## Your assignment
Output, word for word, the lines of this listing that fall between the line with "for each row." and the line with "mod writing;", counting both of those lines, and no others.

## Records provided
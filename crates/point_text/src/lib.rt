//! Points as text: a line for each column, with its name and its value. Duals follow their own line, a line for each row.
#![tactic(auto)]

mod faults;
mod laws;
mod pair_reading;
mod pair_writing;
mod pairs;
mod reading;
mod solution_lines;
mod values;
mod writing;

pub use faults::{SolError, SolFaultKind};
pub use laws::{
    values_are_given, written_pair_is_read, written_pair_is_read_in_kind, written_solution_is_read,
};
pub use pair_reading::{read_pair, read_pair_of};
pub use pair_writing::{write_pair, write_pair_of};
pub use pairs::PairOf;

## Expected answer
//! Points as text: a line for each column, with its name and its value. Duals follow their own line, a line for each row.
#![tactic(auto)]

mod faults;
mod laws;
mod pair_reading;
mod pair_writing;
mod pairs;
mod reading;
mod solution_lines;
mod values;
mod writing;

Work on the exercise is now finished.